#### [TASK OBJECTIVE]
Your answer needs to include each line of the records in which the string "several" can be found.

BEGIN

//! How many sectors and calls a disk in memory has room for, and calls that are refused for want of
//! memory.

use super::Call::{Fill, Read, Sync};
use super::Step::{Find, Make};
use super::{Call, Found, begin, blank, found, make, play, take};
use linked_list_allocator::LocalHeap;
use macs_disk::{MemDisk, MemFault};
use std::alloc::{Allocator, Global};
use std::process::Abort;
use std::test::Fail;

#[test]
fn has_1_to_65536_sectors(rt: HostRuntime) {
    for (sectors, last) in [(1, 0), (65_536, 65_535)] {
        begin(&rt, rt.alloc(), sectors, &[Find(last, (0, 0, false))]);
    }
}

#[test]
fn other_sizes_are_refused(rt: HostRuntime) {
    for sectors in [0, 65_537, u64::MAX] {
        assert!(rt; MemDisk::new(rt.alloc(), sectors).err() == Some(MemFault::Size));
    }
}

/// In ample memory no call is refused, however many the record has.
#[test]
fn two_thousand_calls_are_done(rt: HostRuntime) {
    let mut disk = blank(&rt, rt.alloc(), 8);
    for round in 0..1_000_u16 {
        let at = u64::from(round % 8);
        let octet = (round % 251) as u8;
        let story = [
            Make(Fill(at, octet)),
            Make(Sync),
            Find(at, (octet, octet, false)),
        ];
        play(&rt, &mut disk, &story);
    }
}

/// Eight rounds of a write and a sync, the sync last or first.
const ROUNDS: &[&[Call]] = &[
    &[
        Fill(0, 1),
        Sync,
        Fill(0, 2),
        Sync,
        Fill(0, 3),
        Sync,
        Fill(0, 4),
        Sync,
        Fill(0, 5),
        Sync,
        Fill(0, 6),
        Sync,
        Fill(0, 7),
        Sync,
        Fill(0, 8),
        Sync,
    ],
    &[
        Sync,
        Fill(0, 1),
        Sync,
        Fill(0, 2),
        Sync,
        Fill(0, 3),
        Sync,
        Fill(0, 4),
        Sync,
        Fill(0, 5),
        Sync,
        Fill(0, 6),
        Sync,
        Fill(0, 7),
        Sync,
        Fill(0, 8),
    ],
];

/// What was ever refused for want of memory, and whether nothing was in one disk's life.
#[derive(Drop)]
struct Ever {
    disk: bool,
    write: bool,
    sync: bool,
    nothing: bool,
}

impl Ever {
    fn note(&mut self, call: Call, is_refused: bool) {
        match call {
            Sync => self.sync |= is_refused,
            Fill(..) | Read(..) => self.write |= is_refused,
        }
    }
}

/// What is found of sector 0 after a call. One that is refused leaves the disk as it was.
fn after(before: Found, call: Call, is_refused: bool) -> Found {
    let (read, kept, is_pending) = before;
    match call {
        Fill(_, octet) if !is_refused => (octet, kept, true),
        Sync if !is_refused => (read, read, false),
        _ => (read, kept, is_pending),
    }
}

/// Makes a call, and says whether it was refused.
fn attempt<A: Allocator>(
    rt: &impl Abort,
    disk: &mut MemDisk<A>,
    call: Call,
    ever: &mut Ever,
) -> bool {
    let before = found(rt, disk, 0);
    let is_refused = make(rt, disk, call).is_err();
    ever.note(call, is_refused);
    take(rt, disk, Find(0, after(before, call, is_refused)));
    is_refused
}

/// Makes calls, and says whether one of them was refused.
fn attempt_all<A: Allocator>(
    rt: &impl Abort,
    disk: &mut MemDisk<A>,
    calls: &[Call],
    ever: &mut Ever,
) -> bool {
    let mut is_any_refused = false;
    for call in calls {
        is_any_refused |= attempt(rt, disk, *call, ever);
    }
    is_any_refused
}

/// Makes calls of a disk, if there is memory for it.
fn attempt_on<A: Allocator>(
    rt: &impl Abort,
    disk: Result<MemDisk<A>, MemFault>,
    calls: &[Call],
    ever: &mut Ever,
) {
    match disk {
        Ok(mut disk) => ever.nothing |= !attempt_all(rt, &mut disk, calls, ever),
        Err(fault) => {
            assert!(rt; fault == MemFault::Memory);
            ever.disk = true;
        }
    }
}

/// Makes calls of a disk in a heap of so many octets.
fn attempt_in(
    rt: &impl Abort,
    alloc: Global,
    octets: usize,
    calls: &[Call],
    ever: &mut Ever,
) -> Result<(), Fail> {
    let heap = LocalHeap::new(alloc, octets)?;
    attempt_on(rt, MemDisk::new(&heap, 2), calls, ever);
    Ok(())
}

/// In heaps of growing size each growth is refused in turn, and nothing in the largest ones.
#[test]
fn refused_memory_changes_nothing(rt: HostRuntime) -> Result<(), Fail> {
    let mut ever = Ever {
        disk: false,
        write: false,
        sync: false,
        nothing: false,
    };
    for blocks in 1..200 {
        for calls in ROUNDS {
            attempt_in(&rt, rt.alloc(), 256 * blocks, calls, &mut ever)?;
        }
    }
    assert!(rt; ever.disk && ever.write && ever.sync && ever.nothing);
    Ok(())
}
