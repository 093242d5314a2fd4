//! Tables of four bits, made from the powers of a hash subkey.

ghost use Rattle.std.specs.Prelude.{◌≡◌, ◌<◌, ◌≤◌, ◌+◌, ◌-◌, ◌*◌, ◌/◌, ◌%◌, ◌^◌, ℕ, [], bit_xor};
ghost use Rattle.std.specs.Prelude.{get_or};
ghost use Rattle.std.specs.Int.{bit_at};
ghost use Rattle.std.specs.List.{All};
ghost use Rattle.macs_gf.specs.Gf128.{times_power, times_x};
ghost use Rattle.macs_ghash.specs.Tables.{AreTables, chosen_octets, nibble_product};
ghost use Rattle.macs_ghash.specs.Tables.{octet_from_left, octets_in};

use crate::octets::{OCTETS, SIXTEENS, sum};
use crate::tables::Part;
use macs_gf::REGISTER_BITS;
use std::simd::prelude::*;

/// The remainder of x^128 (NIST SP 800-38D, 6.3).
const REDUCTION: u128 = 0xE1 << 120;

/// How many lanes of 64 bits a vector register has.
const WORDS: usize = REGISTER_BITS / 64;

/// In row k zero in each place whose number, in its sixteen, has bit k, counted from the highest of
/// four. In the others 128, where a shuffle finds zero.
pub(crate) const NOWHERE: [[u8; 32]; 4] = [
    [
        128, 128, 128, 128, 128, 128, 128, 128, 0, 0, 0, 0, 0, 0, 0, 0, 128, 128, 128, 128, 128,
        128, 128, 128, 0, 0, 0, 0, 0, 0, 0, 0,
    ],
    [
        128, 128, 128, 128, 0, 0, 0, 0, 128, 128, 128, 128, 0, 0, 0, 0, 128, 128, 128, 128, 0, 0,
        0, 0, 128, 128, 128, 128, 0, 0, 0, 0,
    ],
    [
        128, 128, 0, 0, 128, 128, 0, 0, 128, 128, 0, 0, 128, 128, 0, 0, 128, 128, 0, 0, 128, 128,
        0, 0, 128, 128, 0, 0, 128, 128, 0, 0,
    ],
    [
        128, 0, 128, 0, 128, 0, 128, 0, 128, 0, 128, 0, 128, 0, 128, 0, 128, 0, 128, 0, 128, 0,
        128, 0, 128, 0, 128, 0, 128, 0, 128, 0,
    ],
];

/// x times a block.
#[inline(always)]
fn further_by_x(block: u128) -> u128
    ensures { result ≡ times_x block }
{
    (block >> 1) ^ (block % 2 * REDUCTION)
}

/// x times each of several blocks.
#[inline(always)]
fn all_further_by_x<const P: usize>(blocks: &[u128; P]) -> [u128; P]
    ensures { (l : ℕ) → l < P → get_or result l 0 ≡ times_x (get_or blocks.now l 0) }
{
    let mut further = [0u128; P];
    for l in 0..P {
        further[l] = further_by_x(blocks[l]);
    }
    further
}

/// The first 64 bits of a block.
#[inline(always)]
fn first_half(block: u128) -> u64
    ensures { result ≡ block / 2 ^ 64 }
{
    (block >> 64) as u64
}

/// The last 64 bits of a block.
#[inline(always)]
fn second_half(block: u128) -> u64
    ensures { result ≡ block % 2 ^ 64 }
{
    (block & 0xffff_ffff_ffff_ffff) as u64
}

/// The octets of as many blocks as a register has room for: octet b of a block is at the place b ^
/// 7 of its sixteen.
#[inline(always)]
pub(crate) fn octets_of<const P: usize>(blocks: &[u128; P], p: usize) -> Simd<u8, OCTETS>
    requires { SIXTEENS * p + SIXTEENS ≤ P }
    ensures { (g b : ℕ) → g < SIXTEENS → b < 16
        → octets_in result g (bit_xor b 7)
        ≡ octet_from_left (get_or blocks.now (SIXTEENS * p + g) 0) b }
{
    let mut words = [0u64; WORDS];
    for g in 0..SIXTEENS {
        words[2 * g] = first_half(blocks[SIXTEENS * p + g]);
        words[2 * g + 1] = second_half(blocks[SIXTEENS * p + g]);
    }
    Simd::<u64, WORDS>::from_array(words).to_le_bytes()
}

/// The octets of several blocks, part by part.
#[inline(always)]
fn all_octets<const N: usize, const P: usize>(blocks: &[u128; P]) -> [Part; N]
    requires { P ≡ SIXTEENS * N }
    ensures { (p g b : ℕ) → p < N → g < SIXTEENS → b < 16
        → octets_in (get_or result p []) g (bit_xor b 7)
        ≡ octet_from_left (get_or blocks.now (SIXTEENS * p + g) 0) b }
{
    let none = Part {
        octets: Simd::splat(0),
    };
    let mut parts = [none; N];
    for p in 0..N {
        parts[p] = Part {
            octets: octets_of(blocks, p),
        };
    }
    parts
}

/// One octet of each sixteen, in each place whose number has bit k, counted from the highest of
/// four.
#[inline(always)]
fn chosen(x: Simd<u8, OCTETS>, place: u8, k: usize) -> Simd<u8, OCTETS>
    requires place { place < 16 }
    requires bit { k < 4 }
    ensures { (g n : ℕ) → g < SIXTEENS → n < 16
        → octets_in result g n ≡ bit_at n (3 - k) * octets_in x g place }
{
    let places = Simd::splat(place) | Simd::<u8, OCTETS>::from_slice(&NOWHERE[k]);
    x.swizzle_dyn_within::<16>(places)
}

/// A row of tables: one octet of each multiple of each power, from the octets of the powers'
/// multiples by x^0 to x^3.
#[inline(always)]
fn row_of<const N: usize>(
    x0: &[Part; N],
    x1: &[Part; N],
    x2: &[Part; N],
    x3: &[Part; N],
    place: u8,
) -> [Part; N]
    requires { place < 16 }
    ensures { (p g n : ℕ) → p < N → g < SIXTEENS → n < 16
        → octets_in (get_or result p []) g n
        ≡ chosen_octets n
        (octets_in (get_or x0.now p []) g place) (octets_in (get_or x1.now p []) g place)
        (octets_in (get_or x2.now p []) g place) (octets_in (get_or x3.now p []) g place) }
{
    let none = Part {
        octets: Simd::splat(0),
    };
    let mut parts = [none; N];
    for p in 0..N {
        let part0 = x0[p];
        let part1 = x1[p];
        let part2 = x2[p];
        let part3 = x3[p];
        let two = sum(
            chosen(part0.octets, place, 0),
            chosen(part1.octets, place, 1),
        );
        let three = sum(two, chosen(part2.octets, place, 2));
        parts[p] = Part {
            octets: sum(three, chosen(part3.octets, place, 3)),
        };
    }
    parts
}

/// A buffer for tables.
#[inline(always)]
pub(crate) fn room<const N: usize>() -> [[Part; N]; 16] {
    let none = Part {
        octets: Simd::splat(0),
    };
    let row = [none; N];
    [row; 16]
}

/// Blocks are below 2^128: a proof that calls this learns it about blocks behind a reference.
#[inline(always)]
fn blocks_in_range(blocks: &[u128])
    ensures { All (λ block. block < 2 ^ 128) blocks.now }
{}

/// The tables of several powers, made in the caller's buffer.
#[inline(never)]
pub(crate) fn fill<const N: usize, const P: usize>(tables: &mut [[Part; N]; 16], powers: &[u128; P])
    requires size { P ≡ SIXTEENS * N }
    ensures { AreTables SIXTEENS N (λ l. get_or powers.now l 0) tables.new }
{
    blocks_in_range(powers);
    let second = all_further_by_x(powers);
    let third = all_further_by_x(&second);
    let fourth = all_further_by_x(&third);
    let x0 = all_octets(powers);
    let x1 = all_octets(&second);
    let x2 = all_octets(&third);
    let x3 = all_octets(&fourth);
    for b in 0..16u8 {
        tables[b as usize] = row_of(&x0, &x1, &x2, &x3, b ^ 7);
    }
}
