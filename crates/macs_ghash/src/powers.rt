//! A hash subkey with its powers.

ghost use Rattle.std.specs.Prelude.{◌≡◌, ◌<◌, ◌+◌, ◌-◌, ◌*◌, ◌/◌, ◌^◌, ℕ, length};
ghost use Rattle.macs_gf.specs.Gf128.{block_product};
ghost use Rattle.macs_gf.specs.Ghash.{blocks_of, ghash, hash_input, subkey_power};
ghost use Rattle.macs_ghash.specs.Tables.{AreEightPowers, AreTables};
ghost use Rattle.macs_ghash.specs.declared.octets.TheConstants.{SIXTEENS};
ghost use Rattle.macs_ghash.specs.declared.tables.TheConstants.{EIGHT, FOUR, TWO};

use crate::filling::{fill, room};
use crate::octets::SIXTEENS;
use crate::strides::{add_state, hashed};
use crate::tables::{EIGHT, FOUR, Part, TWO, products};
use std::marker::Model;
use std::simd::prelude::*;

/// A hash subkey (NIST SP 800-38D, 7.1, step 1) prepared for `ghash`: its powers from the eighth
/// down to the first, and the tables of the last four of them, which take 1 KB. In clauses it is
/// the subkey.
#[derive(Drop)]
pub struct Powers {
    key: u128,
    powers: [u128; 8],
    four: [[Part; FOUR]; 16],
}

impl Model for Powers {
    ghost Value = { ℕ };

    ghost view = { λ s. s.key };

    ghost invariant = { λ s. AreEightPowers s.key s.powers
        × AreTables SIXTEENS FOUR (λ l. subkey_power s.key (4 - l)) s.four };
}

/// The product of a block and the first of two powers.
fn product_by_first(tables: &[[Part; TWO]; 16], block: u128) -> u128
    ensures { (powers : ℕ → ℕ) → AreTables SIXTEENS TWO powers tables.now
        → result ≡ block_product block (powers 0) }
{
    let mut octets = [0u8; 32];
    add_state(&mut octets, block);
    products(tables, &octets)
}

/// The tables of the square of a key and of the key, made in the caller's buffer. Returns the
/// square.
fn fill_pair(pair: &mut [[Part; TWO]; 16], key: u128) -> u128
    ensures square { result ≡ subkey_power key 2 }
    ensures tables { AreTables SIXTEENS TWO (λ l. subkey_power key (2 - l)) pair.new }
{
    fill(pair, &[key, key]);
    let square = product_by_first(pair, key);
    fill(pair, &[square, key]);
    square
}

/// The powers of a key, from the eighth down to the first.
fn powers_of(key: u128, square: u128, pair: &[[Part; TWO]; 16]) -> [u128; 8]
    requires square { square ≡ subkey_power key 2 }
    requires tables { AreTables SIXTEENS TWO (λ l. subkey_power key (2 - l)) pair.now }
    ensures { AreEightPowers key result }
{
    let third = product_by_first(pair, key);
    let fourth = product_by_first(pair, square);
    let fifth = product_by_first(pair, third);
    let sixth = product_by_first(pair, fourth);
    let seventh = product_by_first(pair, fifth);
    let eighth = product_by_first(pair, sixth);
    [eighth, seventh, sixth, fifth, fourth, third, square, key]
}

/// The tables of the first four powers of a key, made in the caller's buffer.
fn fill_four(four: &mut [[Part; FOUR]; 16], key: u128, powers: &[u128; 8])
    requires { AreEightPowers key powers.now }
    ensures { AreTables SIXTEENS FOUR (λ l. subkey_power key (4 - l)) four.new }
{
    fill(four, &[powers[4], powers[5], powers[6], powers[7]]);
}

impl Powers {
    /// A hash subkey, prepared.
    pub fn new(h: u128) -> Self
        ensures { result ≡ h }
    {
        let mut pair = room();
        let square = fill_pair(&mut pair, h);
        let powers = powers_of(h, square, &pair);
        let mut four = room();
        fill_four(&mut four, h, &powers);
        Powers {
            key: h,
            powers,
            four,
        }
    }

    /// The hash of few blocks, four a stride.
    pub(crate) fn by_fours(&self, aad: &[u8], text: &[u8], count: usize) -> u128
        requires aad { length aad.now < 2 ^ 32 }
        requires text { length text.now < 2 ^ 32 }
        requires all { count ≡ (length aad.now + 15) / 16 + (length text.now + 15) / 16 + 1 }
        ensures { result ≡ ghash self.now (blocks_of (hash_input aad.now text.now)) }
    {
        hashed::<FOUR, 64>(&self.four, aad, text, count)
    }

    /// The hash of many blocks, eight a stride, under tables of 2 KB that are made for it.
    pub(crate) fn by_eights(&self, aad: &[u8], text: &[u8], count: usize) -> u128
        requires aad { length aad.now < 2 ^ 32 }
        requires text { length text.now < 2 ^ 32 }
        requires all { count ≡ (length aad.now + 15) / 16 + (length text.now + 15) / 16 + 1 }
        ensures { result ≡ ghash self.now (blocks_of (hash_input aad.now text.now)) }
    {
        let mut tables = room();
        self.fill_eight(&mut tables);
        hashed::<EIGHT, 128>(&tables, aad, text, count)
    }

    /// The tables of the eight powers, made in the caller's buffer. Returns the subkey.
    #[inline(always)]
    pub(crate) fn fill_eight(&self, tables: &mut [[Part; EIGHT]; 16]) -> u128
        ensures key { result ≡ self.now }
        ensures tables { AreTables SIXTEENS EIGHT (λ l. subkey_power self.now (8 - l)) tables.new }
    {
        fill(tables, &self.powers);
        self.key
    }
}
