//! Reduction: what goes beyond x^127 comes back by x^128 = 1 + x + x^2 + x^7 (NIST SP 800-38D,
//! 6.3).

ghost use Rattle.std.specs.Prelude.{◌≡◌};
ghost use Rattle.macs_gf.specs.Gf128.{times_power};

/// The product of x^128 and a block: the block times 1 + x + x^2 + x^7. What the shifts to the
/// right lose comes back at the left first, since it is beyond x^127 too.
#[inline(always)]
pub(crate) fn overflow(block: u128) -> u128
    ensures { result ≡ times_power 128 block }
{
    let carried = block ^ (block << 127) ^ (block << 126) ^ (block << 121);
    carried ^ (carried >> 1) ^ (carried >> 2) ^ (carried >> 7)
}
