//! A disk in a file that behaves, used as an honest disk.

ghost use Rattle.std.specs.Prelude.{◌≡◌, ◌<◌, OnOk};
ghost use Rattle.macs_disk.specs.States.{Image};
ghost use Rattle.macs_disk.specs.Disk.{IsHonest, MayLeave};
ghost use Rattle.macs_disk.specs.FileDisks.{IsFoundAgain, disk_in_file, layout_of};

use super::kernel_files::open_again;
use super::{full, seen};
use macs_disk::{ClaimedFile, DeviceFault, DiskFile, FileDisk, Layout, SectorDisk};
use macs_fixtures::{DeviceBlock, MemFile, MemFolder};
use std::alloc::Allocator;
use std::process::Abort;
use std::test::Fail;

/// Writes a sector of an honest disk and syncs it: a power loss leaves what was written.
fn keep<D: SectorDisk>(disk: &mut D, at: u64, octets: &[u8; 512]) -> Result<(), DeviceFault>
    requires honest { IsHonest (D.disk disk.old) }
    requires within { at < (D.disk disk.old).sectors }
    ensures { OnOk result ((image : Image) → MayLeave (D.disk disk.new) image
        → image at ≡ octets.now) }
{
    disk.write(at, octets)?;
    disk.sync()
}

/// Writes a sector of a packed disk and syncs it, done or not. The disk is found again then, where
/// it was.
fn use_packed<F: DiskFile>(disk: &mut FileDisk<F>)
    requires packed { layout_of disk.old ≡ Layout.Packed }
    requires within { 3 < (disk_in_file F.file disk.old).sectors }
    ensures { IsFoundAgain F.file disk.old → IsFoundAgain F.file disk.new }
{
    let _written = disk.write(3, &full(7));
    let _synced = disk.sync();
}

#[test]
fn a_disk_in_a_file_that_behaves_is_honest(rt: HostRuntime) -> Result<(), Fail> {
    let file = MemFile::new(rt.alloc(), 1, DeviceBlock::Octets512, 512)?;
    let new = MemFile::new(rt.alloc(), 1, DeviceBlock::Octets512, 512)?;
    let Ok(mut old) = ClaimedFile::of(file) else {
        panic!(rt; "not claimed");
    };
    let Ok(mut disk) = FileDisk::over(&mut old, new, 4) else {
        panic!(rt; "no disk");
    };
    assert!(rt; 3 < disk.sectors());
    assert!(rt; keep(&mut disk, 3, &full(7)).is_ok());
    assert!(rt; seen(&rt, &mut disk, 3) == Ok(7));
    assert!(rt; seen(&rt, &mut disk, 2) == Ok(0));
    Ok(())
}

/// Makes a packed disk in a new file, and uses it.
fn use_beside<F: DiskFile + Drop>(rt: &impl Abort, file: F) {
    let Ok(mut disk) = FileDisk::blank(file, Layout::Packed) else {
        panic!(rt; "no new disk");
    };
    assert!(rt; 3 < disk.sectors());
    use_packed(&mut disk);
}

#[test]
fn a_disk_in_a_file_is_found_again(rt: HostRuntime) -> Result<(), Fail> {
    let folder = MemFolder::new(rt.alloc(), 129, DeviceBlock::Octets512, 4_096)?;
    use_beside(&rt, folder.make_beside()?);
    folder.rename();
    let mut again = open_again(&rt, &folder);
    assert!(rt; again.sectors() == 1_028);
    assert!(rt; seen(&rt, &mut again, 3) == Ok(7));
    Ok(())
}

END

#### [REPLY TO THE TASK]
/// x times each of several blocks.
/// The octets of several blocks, part by part.
/// The tables of several powers, made in the caller's buffer.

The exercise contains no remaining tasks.